PZ: An easy question for a printmaker: the very techniques of printmaking, specifically intaglio processes, in the context of their well-researched tradition! I consider this by no means an antiquary enterprise as the current, fast evolving art environment affords old techniques equally fast emerging representational possibilities, not considered before, even though at their inception they were technically possible. As an example consider this: the properties of the painting materials in times of de Koonig weren’t that fundamentally different than those in times of Van Eyck, yet the results they arrived at cannot be confused! Printmaking also offers many examples of such possibilities discovered much later within the well known.

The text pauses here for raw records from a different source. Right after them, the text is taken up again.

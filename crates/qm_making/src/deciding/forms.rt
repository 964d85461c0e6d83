// Forms are defined and deleted: what is decided.
ghost use Rattle.std.specs.Prelude.{◌≡◌, ◌+◌, nat_le};
ghost use Rattle.qm_kinds.specs.declared.request.Request.TheVariants as request;
ghost use Rattle.qm_model.specs.Forms.{is_bad_form, is_form_taken, define_form_refusal, delete_form_refusal};
ghost use Rattle.qm_image.specs.Deciding.{Prepares};
ghost use Rattle.qm_image.specs.Image.{system_of};

use qm_image::{Change, Image, Refused};
use qm_kinds::{Form, Holder, LAST_FORM, Name, NameOrNumber, Refusal, default_form};
use qm_rules::{
    Named, QueueNamed, first_refusal, refused_by_entry, refused_by_queue, refused_where,
};
use qm_tables::FormTable;
use std::alloc::AllocError;

// Whether margins before and behind leave no room.
fn leave_no_room(whole: u8, before: u8, behind: u8) -> bool
    ensures { result ≡ nat_le whole (before + behind) }
{
    u16::from(whole) <= u16::from(before) + u16::from(behind)
}

// Whether the margins leave no room, or the number is too great.
fn is_bad_form(form: &Form) -> bool
    ensures { result ≡ is_bad_form form.now }
{
    let shape = form.shape;
    leave_no_room(shape.length, shape.top, shape.bottom)
        || leave_no_room(shape.width, shape.left, shape.right)
        || form.number > LAST_FORM
}

// Whether a form has the name or the number.
fn is_form_taken(forms: &FormTable, form: &Form) -> bool
    ensures { result ≡ is_form_taken forms.now.forms form.now }
{
    forms.form(&NameOrNumber::Name(form.name)).is_some()
        || forms.form(&NameOrNumber::Number(form.number)).is_some()
}

// Why a form can't be defined.
#[tactic(auto, unfolding(qm_image::specs::Image::system_of))]
fn define_form_refusal(image: &Image, form: &Form) -> Option<Refusal>
    ensures { result ≡ define_form_refusal (system_of image.now) form.now }
{
    let refusals = [
        refused_where(is_bad_form(form), Refusal::BadValue),
        refused_where(
            is_form_taken(image.parts.form_table(), form),
            Refusal::DuplicateForm,
        ),
    ];
    first_refusal(&refusals)
}

/// Decides on a form that is defined, and takes the memory for it.
#[tactic(auto, unfolding(qm_image::specs::Image::system_of))]
#[inline(never)]
pub fn prepare_define_form<'a>(image: &mut Image, form: &Form) -> Result<Change<'a>, Refused>
    ensures { Prepares (request.DefineForm form.now) image.old image.new result }
{
    if let Some(refusal) = define_form_refusal(image, form) {
        return Err(Refused::By(refusal));
    }
    match image.parts.reserve_form() {
        Ok(()) => Ok(Change::NewForm { form: *form }),
        Err(AllocError) => Err(Refused::NoMemory),
    }
}

// Why a form can't be deleted. The entries are looked at only where nothing else refuses it.
#[tactic(auto, unfolding(qm_image::specs::Image::system_of))]
fn delete_form_refusal(image: &Image, name: &Name) -> Option<Refusal>
    ensures { result ≡ delete_form_refusal (system_of image.now) name.now }
{
    let wanted = NameOrNumber::Name(*name);
    if image.parts.form_table().form(&wanted).is_none() {
        return Some(Refusal::NoSuchForm { wanted });
    }
    if *name == default_form() {
        return Some(Refusal::Referenced { by: Holder::Always });
    }
    if let Some(refusal) = refused_by_queue(image.parts.queues(), &QueueNamed::Form(name)) {
        return Some(refusal);
    }
    refused_by_entry(image.parts.entries(), &Named::Form(name))
}

/// Decides on a form that is deleted.
#[tactic(auto, unfolding(qm_image::specs::Image::system_of))]
#[inline(never)]
pub fn prepare_delete_form<'a>(image: &Image, name: &Name) -> Result<Change<'a>, Refused>
    ensures { Prepares (request.DeleteForm name.now) image.now image.now result }
{
    if let Some(refusal) = delete_form_refusal(image, name) {
        return Err(Refused::By(refusal));
    }
    Ok(Change::RemoveForm { name: *name })
}
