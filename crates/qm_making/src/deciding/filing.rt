// A file is filled with lines, or dropped: what is decided.
ghost use Rattle.std.specs.Prelude.{◌≡◌, length, None, IfOk, IsSome};
ghost use Rattle.qm_kinds.specs.declared.request.Request.TheVariants as request;
ghost use Rattle.qm_model.specs.Common.{append_refusal, file_named};
ghost use Rattle.qm_model.specs.Filing.{filling, fill_refusal, drop_refusal};
ghost use Rattle.qm_image.specs.Deciding.{Prepares, Takes};
ghost use Rattle.qm_image.specs.Image.{system_of};

use crate::deciding::append::{append_refusal, refused_as_named, take_file_of};
use qm_image::{Change, Image, Refused};
use qm_kinds::{FileName, Refusal};
use std::alloc::{AllocError, Global};

// A line of 63 letters.
const LINE: &str = "xxxxxxxxxxxxxxxxxxxxxxxxxxxxxxxxxxxxxxxxxxxxxxxxxxxxxxxxxxxxxxx\n";

// How many bytes so many lines have.
fn filling_size(lines: u16) -> usize
    ensures { result ≡ length (filling lines) }
{
    usize::from(lines) * LINE.len()
}

// So many lines.
fn filling(alloc: Global, lines: u16) -> Result<Vec<u8>, AllocError>
    ensures { IfOk result (λ bytes. bytes.items ≡ filling lines) }
{
    Ok(LINE.repeat(alloc, usize::from(lines))?.into_bytes())
}

// Takes room for more lines of a file that is there.
#[tactic(auto, unfolding(qm_image::specs::Image::system_of))]
fn take_more_lines<'a>(
    image: &mut Image,
    name: &FileName,
    bytes: Vec<u8>,
) -> Result<Change<'a>, AllocError>
    requires there { IsSome (file_named name.now image.old.spool.files) }
    requires accepted { append_refusal (system_of image.old) name.now bytes.items ≡ None }
    ensures { Takes (request.Append name.now bytes.items) image.old image.new result }
{
    image.spool.reserve_bytes(name, bytes.len())?;
    Ok(Change::MoreLines { name: *name, bytes })
}

// Takes the memory for lines that aren't refused.
fn take_lines<'a>(image: &mut Image, name: &FileName, lines: u16) -> Result<Change<'a>, AllocError>
    requires { fill_refusal (system_of image.old) name.now lines ≡ None }
    ensures { Takes (request.Fill name.now lines) image.old image.new result }
{
    let bytes = filling(image.alloc, lines)?;
    if image.spool.bytes(name).is_some() {
        take_more_lines(image, name, bytes)
    } else {
        take_file_of(image, name, bytes)
    }
}

/// Decides on lines for a file, and takes the memory for them.
#[inline(never)]
pub fn prepare_fill<'a>(
    image: &mut Image,
    name: &FileName,
    lines: u16,
) -> Result<Change<'a>, Refused>
    ensures { Prepares (request.Fill name.now lines) image.old image.new result }
{
    if let Some(refusal) = append_refusal(image, name, filling_size(lines)) {
        return Err(Refused::By(refusal));
    }
    match take_lines(image, name, lines) {
        Ok(change) => Ok(change),
        Err(AllocError) => Err(Refused::NoMemory),
    }
}

// Why a file can't be dropped.
#[tactic(auto, unfolding(qm_image::specs::Image::system_of))]
fn drop_refusal(image: &Image, name: &FileName) -> Option<Refusal>
    ensures { result ≡ drop_refusal (system_of image.now) name.now }
{
    if !image.has_file(name) {
        return Some(Refusal::NoSuchFile);
    }
    refused_as_named(image, name)
}

/// Decides on a file that is dropped.
#[tactic(auto, unfolding(qm_image::specs::Image::system_of))]
#[inline(never)]
pub fn prepare_drop<'a>(image: &Image, name: &FileName) -> Result<Change<'a>, Refused>
    ensures { Prepares (request.Drop name.now) image.now image.now result }
{
    if let Some(refusal) = drop_refusal(image, name) {
        return Err(Refused::By(refusal));
    }
    Ok(Change::RemoveFile { name: *name })
}
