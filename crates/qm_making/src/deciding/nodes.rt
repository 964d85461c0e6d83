// Nodes come up and are lost, and a node becomes the queue manager: what is decided. Nothing refuses these requests.
ghost use Rattle.std.specs.Prelude.{◌≡◌, OnOk};
ghost use Rattle.qm_kinds.specs.declared.request.Request.TheVariants as request;
ghost use Rattle.qm_image.specs.Deciding.{Prepares, Takes};
ghost use Rattle.qm_image.specs.Image.{system_of};
ghost use Rattle.qm_image.specs.Losing.{HasTimersFor};

use qm_image::{Change, Image, Refused};
use qm_kinds::{Name, Seq};
use std::alloc::AllocError;

/// Decides on a node that comes up.
pub fn prepare_node_up<'a>(image: &Image) -> Result<Change<'a>, Refused>
    ensures { Prepares request.NodeUp image.now image.now result }
{
    Ok(Change::NodeUp)
}

// Makes room for a timer of each job that runs on one of these nodes.
#[tactic(auto, unfolding(qm_image::specs::Image::system_of))]
fn reserve_loss(image: &mut Image, lost: &[Name]) -> Result<(), AllocError>
    ensures rows { system_of image.new ≡ system_of image.old }
    ensures room { OnOk result (HasTimersFor lost.now image.new.parts) }
{
    let jobs = image.parts.count_runs_on(lost);
    image.parts.reserve_timers(jobs)
}

/// Decides on the loss of nodes, and takes room for a timer of each job that runs there: it may be kept until a moment.
#[inline(never)]
pub fn prepare_node_lost<'a>(image: &mut Image, nodes: &'a [Name]) -> Result<Change<'a>, Refused>
    ensures { Prepares (request.NodeLost nodes.now) image.old image.new result }
{
    match reserve_loss(image, nodes) {
        Ok(()) => Ok(Change::LoseNodes { nodes }),
        Err(AllocError) => Err(Refused::NoMemory),
    }
}

// Takes the memory for a takeover.
fn take_takeover<'a>(
    image: &mut Image,
    epoch: u64,
    gone: &'a [Name],
    up: &'a [Name],
    may: &[Name],
) -> Result<Change<'a>, AllocError>
    ensures { Takes (request.Took epoch gone.now up.now may.now) image.old image.new result }
{
    let may = Seq::of(Vec::from_slice(image.alloc, may)?);
    reserve_loss(image, gone)?;
    Ok(Change::TakeOver {
        epoch,
        gone,
        up,
        may,
    })
}

/// Decides on a takeover, and takes the memory for it: for the names of the nodes that may be queue manager, and for a timer
/// of each job that runs on a node that is gone.
#[inline(never)]
pub fn prepare_took<'a>(
    image: &mut Image,
    epoch: u64,
    gone: &'a [Name],
    up: &'a [Name],
    may: &[Name],
) -> Result<Change<'a>, Refused>
    ensures { Prepares (request.Took epoch gone.now up.now may.now) image.old image.new result }
{
    match take_takeover(image, epoch, gone, up, may) {
        Ok(change) => Ok(change),
        Err(AllocError) => Err(Refused::NoMemory),
    }
}
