// Characteristics are defined and deleted: what is decided.
ghost use Rattle.std.specs.Prelude.{◌≡◌};
ghost use Rattle.qm_kinds.specs.declared.request.Request.TheVariants as request;
ghost use Rattle.qm_model.specs.Characteristics.{is_characteristic_taken, define_characteristic_refusal, delete_characteristic_refusal};
ghost use Rattle.qm_image.specs.Deciding.{Prepares};
ghost use Rattle.qm_image.specs.Image.{system_of};

use qm_image::{Change, Image, Refused};
use qm_kinds::{Characteristic, LAST_CHARACTERISTIC, Name, NameOrNumber, Refusal};
use qm_rules::{
    Named, QueueNamed, first_refusal, refused_by_entry, refused_by_queue, refused_where,
};
use qm_tables::FormTable;
use std::alloc::AllocError;

// Whether a characteristic has the name or the number.
fn is_characteristic_taken(forms: &FormTable, characteristic: &Characteristic) -> bool
    ensures { result ≡ is_characteristic_taken forms.now.characteristics characteristic.now }
{
    let number = NameOrNumber::Number(u16::from(characteristic.number));
    forms
        .characteristic(&NameOrNumber::Name(characteristic.name))
        .is_some()
        || forms.characteristic(&number).is_some()
}

// Why a characteristic can't be defined.
#[tactic(auto, unfolding(qm_image::specs::Image::system_of))]
fn define_characteristic_refusal(image: &Image, characteristic: &Characteristic) -> Option<Refusal>
    ensures { result ≡ define_characteristic_refusal (system_of image.now) characteristic.now }
{
    let refusals = [
        refused_where(
            characteristic.number > LAST_CHARACTERISTIC,
            Refusal::BadValue,
        ),
        refused_where(
            is_characteristic_taken(image.parts.form_table(), characteristic),
            Refusal::DuplicateCharacteristic,
        ),
    ];
    first_refusal(&refusals)
}

/// Decides on a characteristic that is defined, and takes the memory for it.
#[tactic(auto, unfolding(qm_image::specs::Image::system_of))]
#[inline(never)]
pub fn prepare_define_characteristic<'a>(
    image: &mut Image,
    characteristic: &Characteristic,
) -> Result<Change<'a>, Refused>
    ensures { Prepares (request.DefineCharacteristic characteristic.now) image.old image.new result }
{
    if let Some(refusal) = define_characteristic_refusal(image, characteristic) {
        return Err(Refused::By(refusal));
    }
    match image.parts.reserve_characteristic() {
        Ok(()) => Ok(Change::NewCharacteristic {
            characteristic: *characteristic,
        }),
        Err(AllocError) => Err(Refused::NoMemory),
    }
}

// Why a characteristic can't be deleted. The entries are looked at only where nothing else refuses it.
#[tactic(auto, unfolding(qm_image::specs::Image::system_of))]
fn delete_characteristic_refusal(image: &Image, name: &Name) -> Option<Refusal>
    ensures { result ≡ delete_characteristic_refusal (system_of image.now) name.now }
{
    let wanted = NameOrNumber::Name(*name);
    if image.parts.form_table().characteristic(&wanted).is_none() {
        return Some(Refusal::NoSuchCharacteristic { wanted });
    }
    let set = image.parts.form_table().set_of(&[wanted]);
    if let Some(refusal) = refused_by_queue(
        image.parts.queues(),
        &QueueNamed::Characteristics(set),
    ) {
        return Some(refusal);
    }
    refused_by_entry(image.parts.entries(), &Named::Characteristics(set))
}

/// Decides on a characteristic that is deleted.
#[tactic(auto, unfolding(qm_image::specs::Image::system_of))]
#[inline(never)]
pub fn prepare_delete_characteristic<'a>(image: &Image, name: &Name) -> Result<Change<'a>, Refused>
    ensures { Prepares (request.DeleteCharacteristic name.now) image.now image.now result }
{
    if let Some(refusal) = delete_characteristic_refusal(image, name) {
        return Err(Refused::By(refusal));
    }
    Ok(Change::RemoveCharacteristic { name: *name })
}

Paradoxically, this is a new territory, even before one considers the inspiration coming from other techniques that are close—or not, depending on the ideology—cousins of printmaking, such as the electronic media. I wouldn’t even discuss at this stage the direct interaction between the two, but would merely point out to different ways of thinking that allow crosspollination. Given the dwindling interest in traditional printmaking among the artists, the digital media seem to have the upper hand at the moment. However, as the digital media, thanks to their ease of access, augment the number of visual players, they also increase the audience’s, craving for authenticity which may more than occasionally act in favour of traditional techniques. My formula to be prepared for such opportunities is to stick to my program of meticulous studies of instances of evolution of intaglio techniques as history is a significant source of inspiration. Having depleted many easy to follow books synthesizing the various aspects of printmaking history, I now do this by digging into books focusing on narrow analysis of particular prints, artists and the environments accompanying them. I am not worried about appearing a bit out of touch with the current issues as I live in the same time like those who draw their primary inspirations from the current environment. New territory doesn’t have to be understood spatially, as a place away from the current as it can be a new awareness of the “well known”—and it can amount to discovery…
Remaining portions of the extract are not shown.